There are injunctions that protect against spousal violence and there are injunctions that protect against dating violence. However, you may wonder, “What if my attacker/stalker is someone with whom I had a relationship but, we were never married and we never really ‘dated,’ so to speak? Am I out of luck when it comes to getting this kind of protection?” The answer, fortunately, is “no.” These injunctions can apply to a variety of people and relationships, so if you’re being threatened, never assume that you can’t get protection; always talk to an experienced South Florida family law attorney first.

A case originating from the Tallahassee area gives a good illustration of how many different relationships can be the subject of an injunction against dating violence. T.S. and L.T. were a couple who met via the Internet site Craigslist. Based upon the description contained in the First District Court of Appeal’s opinion, this pair appeared to have what many might call a “friends with benefits” relationship. According to the man, the pair never actually went out anywhere together. Instead, over the four-year span of their on-again-off-again relationship, they got together mostly for sex. If one person began dating someone else, they’d cease their relationship, and then resume their couplings once that outside dating situation ended.

When the woman finally broke up for the last time, the man allegedly contacted her on social media, called her, texted her and “left unpleasant voice messages.” The man also once showed up at the woman’s home without warning and refused to leave until she told him she would call the police if he didn’t go.

On the basis of those things, the woman sought an injunction of protection against dating violence. The man argued that the court could not issue such a protective order because he and the accuser were never in a dating relationship. The man asserted that his relationship with the accuser “was casual and not a ‘dating relationship,’” that the two “had never gone anywhere ‘together’” and that “their relationship was mainly for sex.” That, he argued, meant that they did not meet the definition of “dating.”

The relationship needs only to have been ‘continuous, significant and intimate’

The appeals court explained that this was not a correct interpretation of the statute.

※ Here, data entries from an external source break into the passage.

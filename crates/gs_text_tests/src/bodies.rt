//! Texts that are read in each language of bodies, in pieces.
use gs_iri::is_absolute;
use gs_model::Refusal;
use gs_ntread::NTriplesReader;
use gs_test_readings::{feed, lines_of};
use gs_triple_lists::TripleList;
use gs_turtle::TurtleReader;
use std::alloc::Global;

/// A language of bodies.
#[derive(Clone, Copy, Debug, Drop)]
pub enum Language {
    NTriples,
    Turtle,
}

/// Reads a text of request 1 in pieces of so many bytes.
pub fn read(
    alloc: Global,
    language: Language,
    text: &[u8],
    size: usize,
    triples: &mut TripleList,
) -> Result<(), Refusal> {
    match language {
        Language::NTriples => {
            let mut reader = NTriplesReader::new(alloc, 1);
            let fed = feed(&mut reader, text, size, triples);
            drop(reader);
            fed
        }
        Language::Turtle => {
            let base = "http://e/";
            if !is_absolute(base) {
                return Err(Refusal::Syntax(0));
            }
            let mut reader = TurtleReader::new(alloc, 1, base)?;
            let fed = feed(&mut reader, text, size, triples);
            drop(reader);
            fed
        }
    }
}

/// The lines of a text's triples, or its fault.
pub fn lines_as_read(
    alloc: Global,
    language: Language,
    text: &[u8],
    size: usize,
) -> Result<Vec<u8>, Refusal> {
    let mut triples = TripleList::new(alloc);
    let read = read(alloc, language, text, size, &mut triples);
    let lines = lines_of(alloc, &triples);
    drop(triples);
    read?;
    lines
}
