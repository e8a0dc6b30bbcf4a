//! Readers of texts where a request for memory is refused. With memory these show the usual
//! answers; `rt try --test --fail-alloc N` refuses the request of that number.
use gs_body::BodyReader;
use gs_iri::resolve;
use gs_lex::{Lexer, Token, TokenKind};
use gs_model::Refusal;
use gs_ntread::NTriplesReader;
use gs_triple_lists::TripleList;
use std::test::Fail;

/// Feeds a piece, and again where memory is refused. Whether nothing had changed then.
fn feed_again(lexer: &mut Lexer, piece: &str, tokens: &mut Vec<Token>) -> Result<bool, Refusal> {
    let before = tokens.len();
    let fed = lexer.feed(piece.as_bytes(), tokens);
    if fed != Err(Refusal::NoMemory) {
        fed?;
        return Ok(true);
    }
    let is_same = tokens.len() == before;
    lexer.feed(piece.as_bytes(), tokens)?;
    Ok(is_same)
}

/// Ends the text; the same holds.
fn finish_again(lexer: &mut Lexer, tokens: &mut Vec<Token>) -> Result<bool, Refusal> {
    let before = tokens.len();
    let ended = lexer.finish(tokens);
    if ended != Err(Refusal::NoMemory) {
        ended?;
        return Ok(true);
    }
    let is_same = tokens.len() == before;
    lexer.finish(tokens)?;
    Ok(is_same)
}

/// Feeds pieces and ends the text.
fn read_again(
    lexer: &mut Lexer,
    pieces: &[&str],
    tokens: &mut Vec<Token>,
) -> Result<bool, Refusal> {
    for piece in pieces {
        if !feed_again(lexer, piece, tokens)? {
            return Ok(false);
        }
    }
    finish_again(lexer, tokens)
}

/// The kinds of the tokens of the pieces below.
const KINDS: [TokenKind; 10] = [
    TokenKind::IriRef,
    TokenKind::PnameLn,
    TokenKind::StringLiteralQuote,
    TokenKind::LangTag,
    TokenKind::Dot,
    TokenKind::A,
    TokenKind::Dot,
    TokenKind::A,
    TokenKind::Dot,
    TokenKind::A,
];

/// Whether tokens have exactly these kinds.
fn have_kinds(tokens: &[Token], kinds: &[TokenKind]) -> bool {
    for (token, kind) in tokens.iter().zip(kinds) {
        if token.kind != *kind {
            return false;
        }
    }
    tokens.len() == kinds.len()
}

#[test]
fn a_refused_piece_of_tokens_changes_nothing(rt: HostRuntime) -> Result<(), Fail> {
    let mut lexer = Lexer::new(rt.alloc(), false);
    let mut tokens = Vec::new(rt.alloc());
    let pieces = ["<http://e/a> ex:a.", "b \"x\\u00", "e9\"@en . a.a.a"];
    let is_read = read_again(&mut lexer, &pieces, &mut tokens);
    let are_right = have_kinds(tokens.as_slice(), &KINDS);
    drop(tokens);
    drop(lexer);
    assert!(rt; is_read? && are_right);
    Ok(())
}

/// Writes a text into a string, and a reference after it. Whether a refused reference leaves the string
/// as it was.
fn resolve_again(text: &mut String) -> Result<bool, Refusal> {
    if text.push_str("before ").is_err() {
        text.push_str("before ")?;
    }
    let base = "http://a/b/c/d;p?q";
    let reference = "../g;x=1/../a-longer-segment-than-any-room/./y#z";
    let resolved = resolve(base, reference, text);
    if resolved != Err(Refusal::NoMemory) {
        resolved?;
        return Ok(true);
    }
    let is_same = text.as_str() == "before ";
    resolve(base, reference, text)?;
    Ok(is_same)
}

#[test]
fn a_refused_reference_leaves_the_string(rt: HostRuntime) -> Result<(), Fail> {
    let mut text = String::new(rt.alloc());
    assert!(rt; resolve_again(&mut text)?);
    let wanted = "before http://a/b/a-longer-segment-than-any-room/y#z";
    assert_eq!(rt; text.as_str(), wanted);
    Ok(())
}

/// Whether a refused call has left the list as it was, and closed the reader.
fn is_closed(reader: &mut NTriplesReader, triples: &mut TripleList, before: usize) -> bool {
    triples.len() == before
        && reader.feed(b"", triples) == Err(Refusal::Closed)
        && reader.finish(triples) == Err(Refusal::Closed)
}

/// Feeds a piece: whether it is read. `None` says that it was refused otherwise than for memory, or did
/// not leave the list as it was and close the reader.
fn feed(reader: &mut NTriplesReader, piece: &str, triples: &mut TripleList) -> Option<bool> {
    let before = triples.len();
    match reader.feed(piece.as_bytes(), triples) {
        Ok(()) => Some(true),
        Err(Refusal::NoMemory) if is_closed(reader, triples, before) => Some(false),
        Err(_) => None,
    }
}

/// Feeds pieces up to the first one that is refused, and says the same of all.
fn feed_all(
    reader: &mut NTriplesReader,
    pieces: &[&str],
    triples: &mut TripleList,
) -> Option<bool> {
    for piece in pieces {
        if !feed(reader, piece, triples)? {
            return Some(false);
        }
    }
    Some(true)
}

/// Whether three triples are read, or a piece is refused as it must be.
fn is_right(reader: &mut NTriplesReader, triples: &mut TripleList) -> Result<bool, Refusal> {
    let pieces = [
        "_:a <a:b> <a:",
        "c> .\n<a:b> <a:b> \"x\"@EN",
        " .\n_:b <a:b> _:a .\n",
    ];
    match feed_all(reader, &pieces, triples) {
        Some(true) => {
            reader.finish(triples)?;
            Ok(triples.len() == 3)
        }
        Some(false) => Ok(true),
        None => Ok(false),
    }
}

#[test]
fn a_refused_feed_leaves_the_list_and_closes_the_reader(rt: HostRuntime) -> Result<(), Fail> {
    let mut reader = NTriplesReader::new(rt.alloc(), 1);
    let mut triples = TripleList::new(rt.alloc());
    let is_right = is_right(&mut reader, &mut triples);
    drop(triples);
    drop(reader);
    assert!(rt; is_right?);
    Ok(())
}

The law that protects against dating violence covers more than just couples who go to dinner and the movies, attend concerts and shows together or who hold hands while shopping together at Publix. Instead, the statute is very clear that if two people shared something that was “continuous, significant, and intimate.” then their relationship meets the law’s standards.

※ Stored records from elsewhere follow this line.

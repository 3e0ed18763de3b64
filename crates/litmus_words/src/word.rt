//! The words of a text.

ghost use Rattle.std.specs.Prelude.{◌≡◌, ◌≢◌, ◌⊎◌, [], true, false, slice_range};
ghost use Rattle.litmus_words.specs.Bytes.{bytes_in, same_bytes};
ghost use Rattle.litmus_words.specs.declared.word.Token.TheVariants as token;

use crate::mnemonic::Mnemonic;
use litmus_tests::NumberType;
use numbers::Reg;

/// What one word is.
#[derive(Clone, Copy, Drop)]
pub enum Token {
    /// x0 to x31, by number or by the name in the calling convention.
    Register(Reg),
    Number(u32),
    /// `P0`.
    Hart(u32),
    Mnemonic(Mnemonic),
    Mark(Mark),
    /// The type of a number.
    Type(NumberType),
    /// A name of which no more is known.
    Name,
    /// The name of a location or of an array.
    Location(Declared),
}

/// A location or an array, as the start declares it.
#[derive(Clone, Copy, Drop)]
pub struct Declared {
    /// The index of the location, or of the first element, among the test's locations.
    pub first: u16,
    /// Where it stands, in bytes behind the first of all locations, and how many bytes it has.
    pub byte: u16,
    pub size: u16,
    pub number_type: NumberType,
    pub is_array: bool,
}

/// The marks, and the names that are read as marks.
#[derive(Clone, Copy, PartialEq, Eq, Drop)]
pub enum Mark {
    Comma,
    Colon,
    Semicolon,
    Bar,
    Equals,
    Minus,
    Plus,
    Star,
    LeftParenthesis,
    RightParenthesis,
    LeftBracket,
    RightBracket,
    LeftBrace,
    RightBrace,
    /// `~` and `not`.
    Not,
    /// `/\`.
    And,
    /// `\/`.
    Or,
    True,
    Exists,
    ForAll,
    Locations,
    /// `=>`.
    Implies,
    /// `<=>`.
    Equivalent,
    /// `!=`.
    Differs,
    Filter,
}

/// A word: what it is, the byte at which it begins, and the one behind it.
#[derive(Clone, Copy, Drop)]
pub struct Word {
    pub start: usize,
    pub end: usize,
    pub token: Token,
}

/// The bytes of a word; none where it isn't one of the text.
pub fn bytes_of(text: &[u8], word: Word) -> &[u8]
    ensures inside { (result.now ≡ []) ⊎ (result.now ≡ slice_range text.now word.start word.end) }
    ensures exact { result.now ≡ bytes_in text.now word }
{
    if word.end < word.start {
        return &[];
    }
    if text.len() < word.end {
        return &[];
    }
    &text[word.start..word.end]
}

/// Whether two words of a text have the same bytes.
pub fn same_bytes(text: &[u8], first: Word, second: Word) -> bool
    ensures { result ≡ same_bytes text.now first second }
{
    bytes_of(text, first) == bytes_of(text, second)
}

/// Whether the word is this mark.
pub fn is_mark(word: Word, mark: Mark) -> bool
    ensures is { result ≡ true → word.token ≡ token.Mark mark }
    ensures other { result ≡ false → word.token ≢ token.Mark mark }
{
    match word.token {
        Token::Mark(found) => found == mark,
        _ => false,
    }
}
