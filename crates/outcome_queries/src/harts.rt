//! The harts that terms name.

ghost use Rattle.std.specs.Prelude.{◌≡◌, All, None};
ghost use Rattle.outcome_queries.specs.Harts.{hart_named, hart_of, unless_there, absent_hart, IsHartThere};

use crate::term::{Harts, Term};
use crate::watched::Watched;

/// The first hart that terms name and that isn't one of so many; none where each is.
pub fn absent_hart(terms: &[Term<'_>], harts: u8) -> Option<u8>
    ensures first { result ≡ absent_hart harts terms.now }
    ensures there { result ≡ None → All (IsHartThere harts) terms.now }
{
    match terms {
        [] => None,
        [term, rest @ ..] => unless_there(hart_named(*term), harts).or(absent_hart(rest, harts)),
    }
}

/// The hart that a term names; none where it speaks of each, of a place in memory or of what was put out.
fn hart_named(term: Term<'_>) -> Option<u8>
    ensures { result ≡ hart_named term.entry }
{
    match term {
        Term::Ended { harts, .. } | Term::Stopped { harts, .. } => hart_of(harts),
        Term::Holds { asked, .. } => match asked.watched {
            Watched::Register { hart, .. } => Some(hart),
            Watched::Bytes(_) => None,
        },
        Term::Put { .. } => None,
    }
}

fn hart_of(harts: Harts) -> Option<u8>
    ensures { result ≡ hart_of harts }
{
    match harts {
        Harts::One(hart) => Some(hart),
        Harts::Each => None,
    }
}

/// The hart, unless it is one of so many.
fn unless_there(named: Option<u8>, harts: u8) -> Option<u8>
    ensures { result ≡ unless_there harts named }
{
    match named {
        Some(hart) if hart >= harts => Some(hart),
        _ => None,
    }
}
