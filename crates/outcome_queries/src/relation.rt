//! How numbers are compared.

ghost use Rattle.std.specs.Prelude.{◌≡◌};
ghost use Rattle.outcome_queries.specs.Relations.{compares, is_told, is_equality};

/// How a number is compared with the one that a term says; numbers have no sign.
#[derive(Clone, Copy, Debug, PartialEq, Eq, Drop)]
pub enum Relation {
    /// `=`
    Equal,
    /// `!=`, wherever `=` doesn't hold
    Other,
    /// `<`
    Below,
    /// `>=`
    AtLeast,
}

/// Whether a number that was found is as a term says. Where none was found, it is other than each.
pub(crate) fn compares(relation: Relation, found: Option<u32>, value: u32) -> bool
    ensures { result ≡ compares relation found value }
{
    match found {
        Some(number) => match relation {
            Relation::Equal => number == value,
            Relation::Other => number != value,
            Relation::Below => number < value,
            Relation::AtLeast => number >= value,
        },
        None => match relation {
            Relation::Other => true,
            Relation::Equal | Relation::Below | Relation::AtLeast => false,
        },
    }
}

/// Whether something is as a term says that has no order: so, or with `!=` not so.
pub(crate) fn is_told(relation: Relation, is_so: bool) -> bool
    ensures { result ≡ is_told relation is_so }
{
    match relation {
        Relation::Equal => is_so,
        Relation::Other => !is_so,
        Relation::Below | Relation::AtLeast => false,
    }
}

/// Whether it asks for no order.
pub(crate) fn is_equality(relation: Relation) -> bool
    ensures { result ≡ is_equality relation }
{
    match relation {
        Relation::Equal | Relation::Other => true,
        Relation::Below | Relation::AtLeast => false,
    }
}
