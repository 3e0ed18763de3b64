//! The words of a litmus test: a text in herd's format for RISC-V is cut into them, each with its place, and parts of a
//! test are taken off their front.
//!
//! Proved: the words of a text stand in it in their order, and between them nothing but blanks and comments
//! (`specs/Gaps`); each is as long as can be and the first that its bytes spell (`specs/Words`), an instruction's name
//! is that of a row of the instruction table or one that assemblers write beside (`specs/Mnemonics`). A text has one
//! list of words at most, and is refused only where it has none, or where there is no memory. A part that is taken is
//! what its words spell (`specs/Parts`), and a place is one of the text (`specs/Places`).
//!
//! Read in this order: `place` (lines and columns), `refused` (which faults there are); `mnemonic` (the names of
//! instructions, over those of `rv_text`), `word`, `names` (what a name is), `numeral` (what a number is), `lexer` (a
//! text is cut into words), `splitting` (words are, at a mark); `take` (one part at a time).
#![tactic(auto)]

mod lexer;
mod mnemonic;
mod names;
mod numeral;
mod place;
mod refused;
mod splitting;
mod take;
mod word;

pub use lexer::{name_end, skip_blanks, words_of};
pub use mnemonic::Mnemonic;
pub use place::{Place, place_of};
pub use refused::{Fault, MOST_BYTES, ReadingRefused, Shown, Stop};
pub use splitting::cut;
pub use take::{
    address, begins_with, behind_mark, declared, location, mark, natural, next, nothing, number,
    register, register_but_zero, start_of, value, word_number,
};
pub use word::{Declared, Mark, Token, Word, bytes_of, is_mark, same_bytes};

This couple’s relationship was plainly continuous (lasting over four years) and intimate. It was also significant enough that, when it ended, the man (despite his assertions that the situation was “casual,”) went to great lengths to try to maintain contact with the woman. Based on that evidence, the trial judge was correct in finding that these two people had a qualifying relationship under the law.

If you have been stalked, threatened or attacked by someone with whom you had a relationship, whether that person was your live-in partner, your “steady” boyfriend/girlfriend or just your semi-regular “hook-up” partner whom you met on OkCupid, you may be entitled to an injunction of protection if you have sufficient proof that you are in “danger of imminent harm.” To give yourself the best opportunity to get that protection you certainly need, talk to the South Florida family law attorneys at Sandy T. Fox, P.A. Our diligent attorneys have been providing clients with reliable representation for many years as they seek to obtain (or seek to oppose) injunctions against dating violence. Contact our attorneys online or by calling (800) 596-0579 to schedule your confidential consultation.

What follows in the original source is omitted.